Plenty of countries have chosen to have environmental goals at the cost of making less money.

1 comments

I’m not sure Bhutan can afford to do that. It reminds me of when Western countries burned coal for 100 years to get where they are and then don’t want other countries to do that. I get it, and I don’t want the earth polluted either but it certainly smacks of colonialism/manifest destiny type thinking.
> It reminds me of when Western countries burned coal for 100 years to get where they are and then don’t want other countries to do that. I get it, and I don’t want the earth polluted either but it certainly smacks of colonialism/manifest destiny type thinking.

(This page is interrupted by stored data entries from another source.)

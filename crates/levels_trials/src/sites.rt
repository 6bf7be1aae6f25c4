//! The sites of the tests.

use view::listed::Listing;

/// A group of four, a group of three linked to it, and a last one.
pub(crate) const EIGHT: Listing<'static, 'static> = Listing {
    starts: &[0, 3, 6, 9, 13, 16, 18, 21, 22],
    ends: &[
        1, 2, 3, 0, 2, 3, 0, 1, 3, 0, 1, 2, 4, 3, 5, 6, 4, 6, 4, 5, 7, 6,
    ],
};

/// A group of four with one more station, so that no station has the number 2.
pub(crate) const FIVE: Listing<'static, 'static> = Listing {
    starts: &[0, 4, 7, 10, 13, 14],
    ends: &[1, 2, 3, 4, 0, 2, 3, 0, 1, 3, 0, 1, 2, 0],
};

/// Five stations, all linked to all others.
pub(crate) const COMPLETE: Listing<'static, 'static> = Listing {
    starts: &[0, 4, 8, 12, 16, 20],
    ends: &[1, 2, 3, 4, 0, 2, 3, 4, 0, 1, 3, 4, 0, 1, 2, 4, 0, 1, 2, 3],
};

/// Three stations without links.
pub(crate) const APART: Listing<'static, 'static> = Listing {
    starts: &[0, 0, 0, 0],
    ends: &[],
};

/// The eight stations with a link between 5 and 7.
pub(crate) const EIGHT_AND_A_LINK: Listing<'static, 'static> = Listing {
    starts: &[0, 3, 6, 9, 13, 16, 19, 22, 24],
    ends: &[
        1, 2, 3, 0, 2, 3, 0, 1, 3, 0, 1, 2, 4, 3, 5, 6, 4, 6, 7, 4, 5, 7, 5, 6,
    ],
};

/// The eight stations without the link between 0 and 1.
pub(crate) const EIGHT_LESS_A_LINK: Listing<'static, 'static> = Listing {
    starts: &[0, 2, 4, 7, 11, 14, 16, 19, 20],
    ends: &[2, 3, 2, 3, 0, 1, 3, 0, 1, 2, 4, 3, 5, 6, 4, 6, 4, 5, 7, 6],
};

/// Two groups of four, and a station linked to 3 and to 4.
pub(crate) const BRIDGE: Listing<'static, 'static> = Listing {
    starts: &[0, 3, 6, 9, 13, 17, 20, 23, 26, 28],
    ends: &[
        1, 2, 3, 0, 2, 3, 0, 1, 3, 0, 1, 2, 8, 5, 6, 7, 8, 4, 6, 7, 4, 5, 7, 4, 5, 6, 3, 4,
    ],
};

/// One station.
pub(crate) const ONE: Listing<'static, 'static> = Listing {
    starts: &[0, 0],
    ends: &[],
};

/// A table that the check turns down, so it means no stations.
pub(crate) const NONE: Listing<'static, 'static> = Listing {
    starts: &[],
    ends: &[],
};
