//! Small sites, level by level.

use crate::sites::{APART, BRIDGE, COMPLETE, EIGHT, EIGHT_AND_A_LINK, FIVE, NONE, ONE};
use rules::levels::tally;
use rules::{Counts, Refusal};
use view::listed::Listed;
use view::service::ServiceList;
use view::struck::Struck;

/// What stands in a list before a call, and stays behind what it writes.
const OLD: Counts = Counts {
    members: 7,
    inside: 77,
    boundary: 777,
};

/// Counts, in the order of a list.
fn counts(list: &[Counts; 6]) -> [(u32, u32, u32); 6] {
    list.map(|level| (level.members, level.inside, level.boundary))
}

#[test]
fn levels_are_counted(rt: HostRuntime) {
    let old = (7, 77, 777);
    let cases = [
        (
            EIGHT,
            4,
            [(8, 11, 0), (8, 11, 0), (7, 10, 1), (4, 6, 1), old, old],
        ),
        (
            EIGHT_AND_A_LINK,
            4,
            [(8, 12, 0), (8, 12, 0), (8, 12, 0), (4, 6, 1), old, old],
        ),
        (
            BRIDGE,
            4,
            [(9, 14, 0), (9, 14, 0), (9, 14, 0), (8, 12, 2), old, old],
        ),
        (
            FIVE,
            4,
            [(5, 7, 0), (5, 7, 0), (4, 6, 1), (4, 6, 1), old, old],
        ),
        (
            COMPLETE,
            5,
            [
                (5, 10, 0),
                (5, 10, 0),
                (5, 10, 0),
                (5, 10, 0),
                (5, 10, 0),
                old,
            ],
        ),
        (APART, 1, [(3, 0, 0), old, old, old, old, old]),
        (ONE, 1, [(1, 0, 0), old, old, old, old, old]),
    ];
    for (listing, levels, wanted) in cases {
        let mut list = [OLD; 6];
        assert_eq!(rt; tally(&Listed::open(listing), &mut list), Ok(levels));
        assert_eq!(rt; counts(&list), wanted);
    }
}

/// Station 7 is struck: it is on the site still, and has the number 0.
#[test]
fn struck_stations_count_at_the_bottom_alone(rt: HostRuntime) {
    let view = Listed::open(EIGHT);
    let mut service = ServiceList::new();
    assert_eq!(rt; service.mark(7), Ok(()));
    let mut list = [OLD; 6];
    assert_eq!(rt; tally(&Struck::new(&view, &service), &mut list), Ok(4));
    assert_eq!(rt;
        counts(&list),
        [
            (8, 10, 0),
            (7, 10, 0),
            (7, 10, 0),
            (4, 6, 1),
            (7, 77, 777),
            (7, 77, 777)
        ]
    );
}

#[test]
fn a_list_of_the_length_needed_is_enough(rt: HostRuntime) {
    let mut list = [OLD; 4];
    assert_eq!(rt; tally(&Listed::open(EIGHT), &mut list), Ok(4));
    assert_eq!(rt;
        list[3],
        Counts {
            members: 4,
            inside: 6,
            boundary: 1
        }
    );
}

#[test]
fn a_short_list_is_left_as_it_was(rt: HostRuntime) {
    let view = Listed::open(EIGHT);
    let mut list = [OLD; 3];
    assert_eq!(rt;
        tally(&view, &mut list),
        Err(Refusal::BufferShort { needed: 4 })
    );
    assert_eq!(rt; list, [OLD; 3]);
    assert_eq!(rt;
        tally(&view, &mut []),
        Err(Refusal::BufferShort { needed: 4 })
    );
}

#[test]
fn no_stations_are_refused_before_all_else(rt: HostRuntime) {
    let view = Listed::open(NONE);
    let mut list = [OLD; 3];
    assert_eq!(rt; tally(&view, &mut list), Err(Refusal::CountOutOfRange));
    assert_eq!(rt; list, [OLD; 3]);
    assert_eq!(rt; tally(&view, &mut []), Err(Refusal::CountOutOfRange));
}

That kind of argument makes less and less sense the more you think about it. It's like arguing that Africa can't develop the Internet until after they get their telegraph network up and running. There's no reason that a functional power grid requires the use of fossil fuels as the primary energy source, and we're already at a point where renewable energy is as cheap to set up as fossil fuel plants. An advantage to starting industrialization later is you don't have to waste time working through worse versions of technology. If you want to be competitive, starting out on the latest and greatest is the best choice, especially because you often have a chance of undercutting existing providers who have too much sunk capital costs in less efficient technology.

This is great reply. This particular sentence is very pithy: <<It's like arguing that Africa can't develop the Internet until after they get their telegraph network up and running.>>

I can recall many, many years ago (20+), reading an article about the future of telephones. The article proposed that many developing nations would never install landlines with full penetration because mobile phones are so much cheaper. This was written in the era when mobile phones were still expensive. That blew me away.

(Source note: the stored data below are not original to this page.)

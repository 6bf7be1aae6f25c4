//! Tests of the levels and of what rules choose, on values that were worked out by hand.
#![tactic(auto)]

#[cfg(test)]
mod choices;
#[cfg(test)]
mod sites;
#[cfg(test)]
mod small;
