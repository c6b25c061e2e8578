//! The watchdog of the machine: where nothing commits for long, it says when to flush.
//!
//! It is the watchdog timer of Austin, 'DIVA: A Reliable Substrate for Deep Submicron
//! Microarchitecture Design', MICRO-32, 1999.
//!
//! - `watchdog`: `Watchdog`, which counts the cycles without a commit and says when to flush.
//! - `recover`: `Recover`, whether the machine runs the core's instructions or one solo.
//!
//! The rule is in `specs/Watchdog.antt`, and since when an instruction runs solo in `specs/Solo.antt`.
#![tactic(auto)]

mod recover;
mod watchdog;

pub use recover::Recover;
pub use watchdog::Watchdog;
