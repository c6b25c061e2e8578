// What makes one program of a process: how words are read, and how a job is done.
ghost use Rattle.std.specs.Prelude.{◌≡◌, [], IfOk, List, Option, Result, map};
ghost use Rattle.diva_outside.specs.Lent.{lent};
ghost use Rattle.diva_outside.specs.Text.{Text};
ghost use Rattle.diva_process.specs.declared.status.Status.{Status};
ghost use Rattle.diva_process.specs.Programs.{FileBytes, Program, asked_for, doing};
ghost use Rattle.diva_process.specs.Promises.{KeepsPromises};

use crate::status::Status;
use crate::stop::Failure;
use diva_outside::{Files, Line, Sink};
use std::alloc::{AllocError, Global};

/// A program, apart from its process: the grammar of its words, its jobs, and what a job does with what the program has in its hands,
/// `H` (a core, say).
pub trait Front<H> {
    /// What words can ask for: a command with its options.
    type Job: Drop;

    /// The grammar of the words, the files of each job, and what is wrong with a file's bytes.
    ghost program: { Program Self.Job };

    /// Over files with these bytes a job came to this text, and the writing of it ended so, by what the program had in its hands
    /// before and after.
    ghost done: { H → H → Self.Job → FileBytes → Result Status Text → Text → Type 0 };

    /// A job may end with this status if its text was written whole.
    ghost can_end: { Self.Job → Status → Type 0 };

    /// The job that the words ask for, without the program's name; `None` if they are not a valid command line. The error is that
    /// memory runs out.
    fn job(&self, alloc: Global, words: &[&str]) -> Result<Option<Self::Job>, AllocError>
        ensures { IfOk result (λ job. job ≡ program.job_of (map (λ w. w.now) words.now)) };

    /// The line that answers words which are not a valid command line.
    fn usage(&self) -> Line
        ensures { result ≡ program.usage };

    /// Does a job: loads its files in order, and writes its text. What comes of it is the status, or why there is none.
    fn work<F: Files, S: Sink>(
        &self,
        alloc: Global,
        job: Self::Job,
        files: &mut F,
        sink: &mut S,
        hands: &mut H,
    ) -> Result<Status, Failure>
        ensures answers { KeepsPromises (asked_for program job) (doing done can_end hands.old hands.new) (lent F.account files.old files.new)
            (lent S.account sink.old sink.new) result }
        ensures unloaded { program.wanted job ≡ [] → files.new ≡ files.old };
}
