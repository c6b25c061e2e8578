// A whole program, from the words to the status.
ghost use Rattle.std.specs.Prelude.{◌≡◌};
ghost use Rattle.diva_outside.specs.Lent.{lent};
ghost use Rattle.diva_process.specs.Programs.{asked_by, doing, job_in};
ghost use Rattle.diva_process.specs.Process.{IsProcess};
ghost use Rattle.diva_process.specs.Promises.{KeepsPromises, status_of};
ghost use Rattle.diva_process.specs.Statuses.{LoadsNothing};

use crate::front::Front;
use crate::status::Status;
use crate::stop::Failure;
use crate::writing::write_line;
use diva_outside::{Files, Sink};
use std::alloc::Global;

/// Runs a program on the words of its command line (without its name) over the files, the sink and what it has in its hands, and
/// answers what it ends with.
#[tactic(auto, using(crate::proofs::Processing::process_of))]
pub fn run_process<P: Front<H>, H, F: Files, S: Sink>(
    front: &P,
    alloc: Global,
    words: &[&str],
    files: &mut F,
    sink: &mut S,
    hands: &mut H,
) -> Status
    ensures { IsProcess (asked_by P.program words.now) (doing P.done P.can_end hands.old hands.new) (lent F.account files.old files.new)
        (lent S.account sink.old sink.new) result }
{
    status_of(answer(front, alloc, words, files, sink, hands))
}

/// What the program ends with.
fn status_of(answered: Result<Status, Failure>) -> Status
    ensures { result ≡ status_of answered }
{
    match answered {
        Ok(status) => status,
        Err(Failure::Cut) => Status::Cut,
        Err(Failure::Memory) => Status::NoMemory,
    }
}

/// Does the job that the words ask for, or writes the usage line.
#[tactic(auto, using(crate::proofs::Answering::misused_answers))]
fn answer<P: Front<H>, H, F: Files, S: Sink>(
    front: &P,
    alloc: Global,
    words: &[&str],
    files: &mut F,
    sink: &mut S,
    hands: &mut H,
) -> Result<Status, Failure>
    ensures answers { KeepsPromises (asked_by P.program words.now) (doing P.done P.can_end hands.old hands.new) (lent F.account files.old files.new)
        (lent S.account sink.old sink.new) result }
    ensures unloaded { LoadsNothing P.program (job_in P.program words.now) → files.new ≡ files.old }
{
    match front.job(alloc, words)? {
        Some(job) => front.work(alloc, job, files, sink, hands),
        None => write_line(&front.usage(), Status::Misused, sink),
    }
}
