// Whether the machine recovers from a flush.

/// What the machine runs.
#[derive(Clone, Copy, Debug, PartialEq, Eq)]
pub enum Recover {
    /// The instructions that the core hands over.
    Running,
    /// One instruction, which runs solo, on the checker's own values, since the cycle of this number.
    Solo(u64),
}
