/// Hart 0 of `ONE_WORD`: its store is claimed in cycle 2.
const STORES_1: &[u8] =
    b"0 150093 0 0 0 1 4 0\n4 2102823 0 1 30 1 8 0\n8 5d00893 0 0 0 5d c 0 ; c 73 5d 0 0 0 c 100";

/// Hart 1 of `ONE_WORD`: its store is claimed in cycle 2 too.
const STORES_2: &[u8] =
    b"0 150093 1 0 0 2 4 0\n4 2102823 0 2 30 2 8 0\n8 5d00893 0 0 0 5d c 0 ; c 73 5d 1 0 0 c 101";

/// Stores and fences that wait, and loads that do not.
pub(super) static WAITS: [Row; 6] = rows! { Row:
    // Each hart stores 1 in its word, 32 or 36, and loads the other one. In cycle 9 both stores commit, and both loads while
    // the stores wait.
    HALTS { name: "neither hart sees the other store",
        words: &[0x00100093, 0x00251293, 0x40500333, 0x00000013, 0x0212a023, 0x02432103, 0x05d00893, 0x00000073],
        tapes: [b"0 100093 0 0 0 1 4 0 ; 4 251293 0 0 0 0 8 0\n8 40500333 0 0 0 0 c 0 ; c 13 0 0 0 0 10 0\n\
            10 212a023 0 1 20 1 14 0 ; 14 2432103 0 0 24 0 18 0\n18 5d00893 0 0 0 5d 1c 0 ; 1c 73 5d 0 0 0 1c 100",
            b"0 100093 0 0 0 1 4 0 ; 4 251293 1 0 0 4 8 0\n8 40500333 0 4 0 fffffffc c 0 ; c 13 0 0 0 0 10 0\n\
            10 212a023 4 1 24 1 14 0 ; 14 2432103 fffffffc 0 20 0 18 0\n18 5d00893 0 0 0 5d 1c 0 ; 1c 73 5d 1 0 0 1c 101"],
        actions: &[(7, &[GO_0, GO_0, GO_1, GO_1]), (8, &[GO_0, GO_0, GO_1, GO_1]), (9, &[GO_0, GO_0, GO_1, GO_1]),
            (10, &[DRAIN_0, DRAIN_1, GO_0, GO_0, GO_1, GO_1])],
        cycles: 10, registers: &[(0, 2, 0x0), (1, 2, 0x0)], stored: &[(0x20, 0x1), (0x24, 0x1)] }
    // The store and the fence behind it are ready in cycle 8. The fence is equal, and waits for the drain of cycle 9.
    HALTS { name: "a fence waits", words: FENCED,
        tapes: [b"0 100093 0 0 0 1 4 0\n4 2102023 0 1 20 1 8 0 ; 8 ff0000f 0 0 0 0 c 0\nc 2402103 0 0 24 0 10 0\n\
            10 5d00893 0 0 0 5d 14 0 ; 14 73 5d 0 0 0 14 100",
            b"0 100093 0 0 0 1 4 0\n4 2102023 0 1 20 1 8 0 ; 8 ff0000f 0 0 0 0 c 0\nc 2402103 0 0 24 0 10 0\n\
            10 5d00893 0 0 0 5d 14 0 ; 14 73 5d 1 0 0 14 101"],
        actions: &[(7, &[GO_0, GO_1]), (8, &[GO_0, GO_1]), (9, &[DRAIN_0, DRAIN_1, GO_0, GO_0, GO_1, GO_1]), (10, &[GO_0, GO_0, GO_1, GO_1])],
        cycles: 10, registers: &[(0, 2, 0x0), (1, 2, 0x0)], stored: &[(0x20, 0x1)] }
    // Three stores and a fence are ready in cycle 7. The fence is held in 7, 8 and 9, and commits in 10. Hart 1 begins two
    // cycles later.
    HALTS { name: "a fence waits for three stores", words: &[0x02002023, 0x02002223, 0x02002423, 0x0ff0000f, 0x05d00893, 0x00000073],
        numbers: [4, 16, 4, 64],
        tapes: [b"0 2002023 0 0 20 0 4 0 ; 4 2002223 0 0 24 0 8 0 ; 8 2002423 0 0 28 0 c 0 ; c ff0000f 0 0 0 0 10 0\n\
            10 5d00893 0 0 0 5d 14 0 ; 14 73 5d 0 0 0 14 100",
            b"\n\n0 2002023 0 0 20 0 4 0 ; 4 2002223 0 0 24 0 8 0 ; 8 2002423 0 0 28 0 c 0 ; c ff0000f 0 0 0 0 10 0\n\
            10 5d00893 0 0 0 5d 14 0 ; 14 73 5d 1 0 0 14 101"],
        actions: &[(7, &[GO_0, GO_0, GO_0]), (8, &[DRAIN_0]), (9, &[DRAIN_0, GO_1, GO_1, GO_1]),
            (10, &[DRAIN_0, DRAIN_1, GO_0, GO_0, GO_0]), (11, &[DRAIN_1]), (12, &[DRAIN_1, GO_1, GO_1, GO_1])],
        cycles: 12 }
    // The claim of hart 0's fence has a value. It is judged in cycle 8, while the store is owed, and flushes.
    HALTS { name: "a wrong fence does not wait", words: FENCED,
        tapes: [b"0 100093 0 0 0 1 4 0\n4 2102023 0 1 20 1 8 0 ; 8 ff0000f 0 0 0 7 c 0\n\n\n\n\n\n\n\n\n\n\n\n\nc 2402103 0 0 24 0 10 0\n\
            10 5d00893 0 0 0 5d 14 0\n14 73 5d 0 0 0 14 100",
            b"\n\n\n\n0 100093 0 0 0 1 4 0\n4 2102023 0 1 20 1 8 0\n\n8 ff0000f 0 0 0 0 c 0\nc 2402103 0 0 24 0 10 0\n\
            10 5d00893 0 0 0 5d 14 0\n14 73 5d 1 0 0 14 101"],
        actions: &[(7, &[GO_0]), (8, &[GO_0]), (9, &[DRAIN_0]), (11, &[GO_1]), (12, &[GO_1]), (13, &[DRAIN_1]), (14, &[GO_0, GO_1]),
            (15, &[GO_1]), (16, &[GO_1]), (17, &[GO_1]), (21, &[GO_0]), (22, &[GO_0]), (23, &[GO_0])],
        cycles: 23, flushes: [&[(8, 2, Some((Field::Value, 0x7, 0x0)))], &[]], registers: &[(0, 2, 0x0), (1, 2, 0x0)] }
    // With one place in a buffer the second of two stores waits for the drain of cycle 8.
    HALTS { name: "a store waits", words: TWO_STORES, numbers: [2, 16, 1, 64],
        tapes: [b"0 2002023 0 0 20 0 4 0 ; 4 2002223 0 0 24 0 8 0\n8 5d00893 0 0 0 5d c 0 ; c 73 5d 0 0 0 c 100",
            b"0 2002023 0 0 20 0 4 0 ; 4 2002223 0 0 24 0 8 0\n8 5d00893 0 0 0 5d c 0 ; c 73 5d 1 0 0 c 101"],
        actions: &[(7, &[GO_0, GO_1]), (8, &[DRAIN_0, DRAIN_1, GO_0, GO_0, GO_1, GO_1]), (9, &[DRAIN_0, DRAIN_1, GO_0, GO_1])], cycles: 9 }
    // With two places in a buffer the third of three stores waits, and what is behind it.
    HALTS { name: "a third store waits", words: &[0x00150093, 0x02102023, 0x02102223, 0x02102423, 0x05d00893, 0x00000073],
        numbers: [4, 16, 2, 64],
        tapes: [b"0 150093 0 0 0 1 4 0\n4 2102023 0 1 20 1 8 0 ; 8 2102223 0 1 24 1 c 0 ; c 2102423 0 1 28 1 10 0 ; 10 5d00893 0 0 0 5d 14 0\n\
            14 73 5d 0 0 0 14 100",
            b"\n0 150093 1 0 0 2 4 0\n4 2102023 0 2 20 2 8 0 ; 8 2102223 0 2 24 2 c 0 ; c 2102423 0 2 28 2 10 0 ; 10 5d00893 0 0 0 5d 14 0\n\
            14 73 5d 1 0 0 14 101"],
        actions: &[(7, &[GO_0]), (8, &[GO_0, GO_0, GO_1]), (9, &[DRAIN_0, GO_0, GO_0, GO_0, GO_1, GO_1]),
            (10, &[DRAIN_0, DRAIN_1, GO_1, GO_1, GO_1]), (11, &[DRAIN_0, DRAIN_1]), (12, &[DRAIN_1])],
        cycles: 12, stored: &[(0x20, 0x2), (0x24, 0x2), (0x28, 0x2)] }
};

East Africa has huge savannahs that are ideal for solar power. I've written here many times about the solar gold mine upon which both North Africa and the Middle East are sitting. I agree: There is a good chance that coal power plants don't make sense in the face of very cheap solar power. Also, many developing nations depend upon foreign capital / loans to build power plants. The lenders will very much prefer green energy over coal. What is harder: Tearing down coal power plants in developing nations. Why? The money is already spent to build a huge power plant.

I can recall many, many years ago (20+), reading an article about the future of telephones. The article proposed that many developing nations would never install landlines with full penetration because mobile phones are so much cheaper. This was written in the era when mobile phones were still expensive. That blew me away.

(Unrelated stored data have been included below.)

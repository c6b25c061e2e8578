// One line that is written, with its status. No memory is taken.
ghost use Rattle.diva_outside.specs.Lent.{lent};
ghost use Rattle.diva_process.specs.Writing.{WritesLine, WritesStop};

use crate::lines::{refused_line, unreadable_line};
use crate::status::Status;
use crate::stop::{Failure, Stop};
use diva_outside::{Line, Sink, put_line};

/// Writes a line, and answers its status.
pub fn write_line<S: Sink>(line: &Line, status: Status, sink: &mut S) -> Result<Status, Failure>
    ensures { WritesLine line.now status (lent S.account sink.old sink.new) result }
{
    put_line(line, sink)?;
    Ok(status)
}

/// Writes why the files of a job can't be used, and answers the status that goes with it: `Refused`, or `Unread` if one
/// can't be read. If memory ran out nothing is written.
pub fn write_stop<S: Sink>(stop: Stop, sink: &mut S) -> Result<Status, Failure>
    ensures { WritesStop stop (lent S.account sink.old sink.new) result }
{
    match stop {
        Stop::Memory => Err(Failure::Memory),
        Stop::Unread(what) => write_line(&unreadable_line(what), Status::Unread, sink),
        Stop::Refused { what, kind, place } => {
            write_line(&refused_line(what, kind, place), Status::Refused, sink)
        }
    }
}
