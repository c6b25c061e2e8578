// What a program ends with.
ghost use Rattle.std.specs.Prelude.{◌≡◌};
ghost use Rattle.diva_process.specs.Statuses.{number_of};

/// What a program ends with. A process tells it by its number.
#[derive(Clone, Copy, Debug, PartialEq, Eq)]
pub enum Status {
    /// 0: the run halted, or the job runs nothing to its end; the whole text was written.
    Halted,
    /// 2: the words are not a valid command line; the usage line was written.
    Misused,
    /// 3: the run trapped; the whole text was written.
    Trapped,
    /// 4: exactly the cycles asked for were run, and the machine goes on; the whole text was written.
    GoesOn,
    /// 5: the first file that can't be used has a fault, or is too long; a line says so. Or so it is with a text that the job reads as it
    /// goes.
    Refused,
    /// 6: the job judges a text, and something of it is wrong; the whole text was written.
    Wrong,
    /// 8: the first file that can't be used can't be read; a line says so. Or so it is with a text that the job reads as it goes.
    Unread,
    /// 9: the sink failed; a prefix of the text was written.
    Cut,
    /// 10: memory ran out; nothing was written.
    NoMemory,
}

impl Status {
    /// The number by which a process tells it.
    pub fn number(self) -> u8
        ensures { result ≡ number_of self }
    {
        match self {
            Status::Halted => 0,
            Status::Misused => 2,
            Status::Trapped => 3,
            Status::GoesOn => 4,
            Status::Refused => 5,
            Status::Wrong => 6,
            Status::Unread => 8,
            Status::Cut => 9,
            Status::NoMemory => 10,
        }
    }
}
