//! What a program is, apart from what its commands do: words that ask for a job, files that are loaded in order, a text that is put to
//! a sink, and a status with its cause. Nothing here knows a machine.
//!
//! - `front`: the trait `Front`, what makes one program of it: how words are read, and how a job is done.
//! - `process`: `run_process`, from the words to the status, over any front. Its contract is the program's.
//! - `status`: `Status`, what a program ends with, and its number.
//! - `stop`: `Stop`, why the files of a job can't be used; `Failure`, why there is no whole answer.
//! - `lines`: the lines that say why a file can't be used. `writing`: how these, and any one line, are written; `words`: the
//!   words of a process, as a program takes them.
//!
//! What is promised, each part in a file of `specs/`, in the order in which it is best read:
//!
//! - `Programs`: what a program is, what a job of it came to, and what it was asked; `Lines`: the lines of files that can't be used;
//! - `Stops`: files that can be used, and at which of a job's files loading stops;
//! - `Answers`: what is answered, and why; `Statuses`: what each status says;
//! - `Promises`: what a job promises, `KeepsPromises`, of which all statuses are read; `Process`: what a program promises of its words,
//!   `IsProcess`; `Writing`: what a command's own functions promise of what they write.
#![tactic(auto)]

mod front;
mod lines;
mod process;
mod status;
mod stop;
mod words;
mod writing;

pub use front::Front;
pub use process::run_process;
pub use status::Status;
pub use stop::{Failure, Stop};
pub use words::borrowed;
pub use writing::{write_line, write_stop};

This brings back bad memories, and illustrates the risk of linear thinking: South Africa's black population was denied proper services under apartheid, including telecommunications. In an effort to supposedly right that wrong, the state-owned telecommunications company, Telkom, was given a years-long monopoly on fixed-line telecommunications in return for putting in fixed line connections to black communities. There were reports that an American corporation, SBC, helped write the country's telecoms act after it acquired a minority stake in Telkom.[1][2]

That monopoly set South Africa back many years, and it's only been in the last decade that it began catching up with the rest of the world. Oh, and the copper network has been so badly looted that many/most places now have wireless landlines. And those under-served black people: they all bought cellphones for the same reasons that people in the rest of the world did.

[1] https://twentythirdfloor.co.za/2007/08/27/telkom-sbc-and-a-f... [2] https://web.archive.org/web/20070827181955/http://www.busrep...

Very nice follow-up. I didn't know about this story. Thank you to share.
> If you want to be competitive, starting out on the latest and greatest is the best choice, [...]

That's not true in general. It depends on the specific situation.

You are right about learning from existing technology, and that people will not and should not blindly retrace the technological evolution, missteps and all, of those who came before them.

To give an example that combines both points: a poor country might be well advised to focus on bicycles instead of modern cars. But that doesn't mean they need to do a penny-farthing before they can get to safety bikes.